Egypte : la "diffusion de fausses nouvelles", un alibi pour intimider la presse
Quatre journalistes d'un site indépendant ont été convoquées après la plainte d'un parti proche du pouvoir.
La rédactrice en chef et trois journalistes du média indépendant égyptien Mada Masr ont été interrogées le 7 septembre 2022 par la justice sous l'accusation notamment de "diffusion de fausses informations". Lina Attalah, Rana Mamdouh, Sara Seif Eddin et Beesan Kassab ont été convoquées suite à des dizaines de plaintes déposées par plusieurs membres du parti "Mostakbal Watan" (Futur de la nation, pro-régime). Ces derniers n’ont pas du tout apprécié un article les accusant d'"infractions financières graves". Pour eux, ce sont "de fausses informations visant à déstabiliser le pays".

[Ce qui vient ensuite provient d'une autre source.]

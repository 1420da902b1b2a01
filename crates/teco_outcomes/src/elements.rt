//! What may come of an element, whatever it is.
ghost use Rattle.std.specs.Prelude.{◌≡◌, IfOk, if◌then◌else◌};
ghost use Rattle.teco_model.specs.Element as model;
ghost use Rattle.teco_model.specs.Element.{seen};
ghost use Rattle.teco_model.specs.declared.kind.Kind.TheVariants as kinds;
ghost use Rattle.teco_model.specs.Motion.{motion};
ghost use Rattle.teco_model.specs.Storage.{storage};
ghost use Rattle.teco_model.specs.declared.kind.Storage.TheVariants.{Get};
ghost use Rattle.teco_model.specs.Step.{after_command};
ghost use Rattle.teco_rows.specs.Commands.{Performs};
ghost use Rattle.teco_rows.specs.Foretold.{Foretells};
ghost use Rattle.teco_flow_outcomes.specs.Law.{Law};

use std::alloc::Global;
use teco_base::Reg;
use teco_command_outcomes::deletions::delete;
use teco_command_outcomes::line_motions::move_lines;
use teco_command_outcomes::storages::{add_number, set_number};
use teco_command_outcomes::texts::{copy, set_text};
use teco_command_outcomes::typings::{type_register, type_text};
use teco_flow_outcomes::arguments::change_arguments;
use teco_flow_outcomes::flow::turn;
use teco_model::kind::{Command, Motion, Search, Storage};
use teco_model::{Element, Kind};
use teco_motion_outcomes::insertions::{get, insert};
use teco_motion_outcomes::motions::move_to;
use teco_query_outcomes::characters::turn_page;
use teco_query_outcomes::pushes::stack;
use teco_query_outcomes::queries::ask;
use teco_query_outcomes::values::give_value;
use teco_rows::case::Case;
use teco_rows::commands::{TakenForms, take_arguments};
use teco_rows::fault::RowFault;
use teco_rows::outcomes::Outcomes;
use teco_search_outcomes::searches::search;

// Whether there is a colon. These elements have one at most.
fn has_colon(colons: u8) -> Result<bool, RowFault>
    ensures { IfOk result (λ colon. colons ≡ (if colon then 1 else 0)) }
{
    match colons {
        0 => Ok(false),
        1 => Ok(true),
        _ => Err(RowFault::Argument),
    }
}

// What comes of a motion with the arguments that it takes.
fn move_by(
    case: &Case,
    kind: Motion,
    has_colon: bool,
    taken: TakenForms,
    alloc: Global,
) -> Result<Outcomes, RowFault>
    ensures { IfOk result (λ all. (e : model.Element) → e.colons ≡ (if has_colon then 1 else 0)
        → Performs (motion kind e) taken case.now all) }
{
    match kind {
        Motion::Lines => move_lines(case, taken, alloc),
        _ => move_to(case, kind, has_colon, taken, alloc),
    }
}

// What comes of a command on the number of a register.
fn store_number(
    case: &Case,
    kind: Storage,
    taken: TakenForms,
    may_wrap: bool,
    alloc: Global,
) -> Result<Outcomes, RowFault>
    ensures { IfOk result (λ all. (e : model.Element) → Performs (storage kind e) taken case.now all) }
{
    match kind {
        Storage::SetNumber(register) => set_number(case, register, taken, alloc),
        Storage::Add(register) => add_number(case, register, taken, may_wrap, alloc),
        _ => Err(RowFault::NotTold),
    }
}

// What comes of `G` and `:G`.
fn retrieve(
    case: &Case,
    register: Reg,
    colons: u8,
    taken: TakenForms,
    alloc: Global,
) -> Result<Outcomes, RowFault>
    ensures { IfOk result (λ all. (e : model.Element) → e.colons ≡ colons
        → Performs (storage (Get register) e) taken case.now all) }
{
    if colons == 0 {
        get(case, register, colons, taken, alloc)
    } else {
        type_register(case, register, colons, taken, alloc)
    }
}

// What comes of a command on its text.
fn store_text(
    case: &Case,
    kind: Storage,
    element: &Element,
    taken: TakenForms,
    alloc: Global,
) -> Result<Outcomes, RowFault>
    ensures { IfOk result (λ all. Performs (storage kind (seen element.now)) taken case.now all) }
{
    match kind {
        Storage::Get(register) => retrieve(case, register, element.colons, taken, alloc),
        Storage::Copy(register) => copy(case, register, element.colons, taken, alloc),
        Storage::SetText(register) => set_text(case, register, element, taken, alloc),
        _ => Err(RowFault::NotTold),
    }
}

// What comes of a command, which takes its arguments.
fn perform(
    case: &Case,
    command: Command,
    element: &Element,
    may_wrap: bool,
    alloc: Global,
) -> Result<Outcomes, RowFault>
    ensures { IfOk result (λ all.
        Foretells (λ s. after_command command (seen element.now) s.kept s.arguments) case.now all) }
{
    let taken = take_arguments(case, alloc)?;
    match command {
        Command::Motion(motion) => {
            let colon = has_colon(element.colons)?;
            move_by(case, motion, colon, taken, alloc)
        }
        Command::Deletion(unit) => delete(case, unit, taken, alloc),
        Command::Insertion(insertion) => insert(case, insertion, element.text, taken, alloc),
        Command::Storage(storage) => match storage {
            Storage::SetNumber(_) | Storage::Add(_) => {
                store_number(case, storage, taken, may_wrap, alloc)
            }
            _ => store_text(case, storage, element, taken, alloc),
        },
        Command::Typing(typing) => type_text(case, typing, element, taken, alloc),
    }
}

// What comes of a search that has a colon. Whether one without it answers lies at what is behind
// it: `search` tells of both.
fn search_with_colon(
    case: &Case,
    kind: Search,
    element: &Element,
    alloc: Global,
) -> Result<Outcomes, RowFault>
    ensures { IfOk result (λ all. element.now.kind ≡ kinds.Search kind → Law (seen element.now) case.now all) }
{
    if element.colons == 0 {
        return Err(RowFault::NotTold);
    }
    search(case, kind, element, true, alloc)
}

/// What may come of an element. A sum is taken to fit 32 bits, unless it `may_wrap`.
pub fn outcomes_of(
    case: &Case,
    element: &Element,
    may_wrap: bool,
    alloc: Global,
) -> Result<Outcomes, RowFault>
    ensures { IfOk result (λ all. Law (seen element.now) case.now all) }
{
    match element.kind {
        Kind::Argument(argument) => {
            change_arguments(case, argument, element.text, may_wrap, alloc)
        }
        Kind::Value(value) => give_value(case, value, may_wrap, alloc),
        Kind::Query(query) => ask(case, query, element.colons, may_wrap, alloc),
        Kind::Stack(kind) => stack(case, kind, alloc),
        Kind::Flow(flow) => turn(case, flow, element.colons, alloc),
        Kind::Command(command) => perform(case, command, element, may_wrap, alloc),
        Kind::Search(kind) => search_with_colon(case, kind, element, alloc),
        Kind::Page(page) => turn_page(case, page, alloc),
        _ => Err(RowFault::NotTold),
    }
}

“Nous regrettons que le parti politique majoritaire en Egypte, connu pour être proche du pouvoir, utilise de telles tactiques pour intimider un organe de presse qui agit au nom de l'intérêt public.”
Mada Masr, journal égyptien en ligne
Un site bloqué depuis des années
Ce n’est pas la première fois que Mada Masr ou sa directrice Lina Attallah sont accusés de "diffamation" de "diffusion de fausses informations visant à déstabiliser le pays". Le journal en ligne, qui publie des enquêtes sur les questions de sécurité ou de corruption, en arabe et en anglais, est l’un des rares médias à aborder des sujets qui dérangent. Comme des centaines d’autres sites, il est bloqué depuis des années dans le cadre de la lutte contre les fausses informations. Son accès n'est possible en Egypte que grâce à un VPN (réseau privé virtuel).
Arrestations et détentions provisoires
La Constitution de 2014 garantit normalement la liberté de la presse en Egypte. En même temps, une loi adoptée en 2018, permet de poursuivre en justice les journalistes qui publient des "fausses nouvelles". Un concept très flou qui vise notamment à faire taire les voix dissidentes. A ce stade, les quatre journalistes de Mada Masr s’en sortent relativement bien puisqu’elles ont été relâchées sous caution.
Une vingtaine d’autres sont actuellement privés de liberté : la moitié est en détention provisoire, accusée notamment d’avoir diffusé de fausses nouvelles, indique Reporters sans frontières (RSF). Le Caire occupe la 168e position (sur 180) dans le classement de la liberté de la presse 2022 de RSF.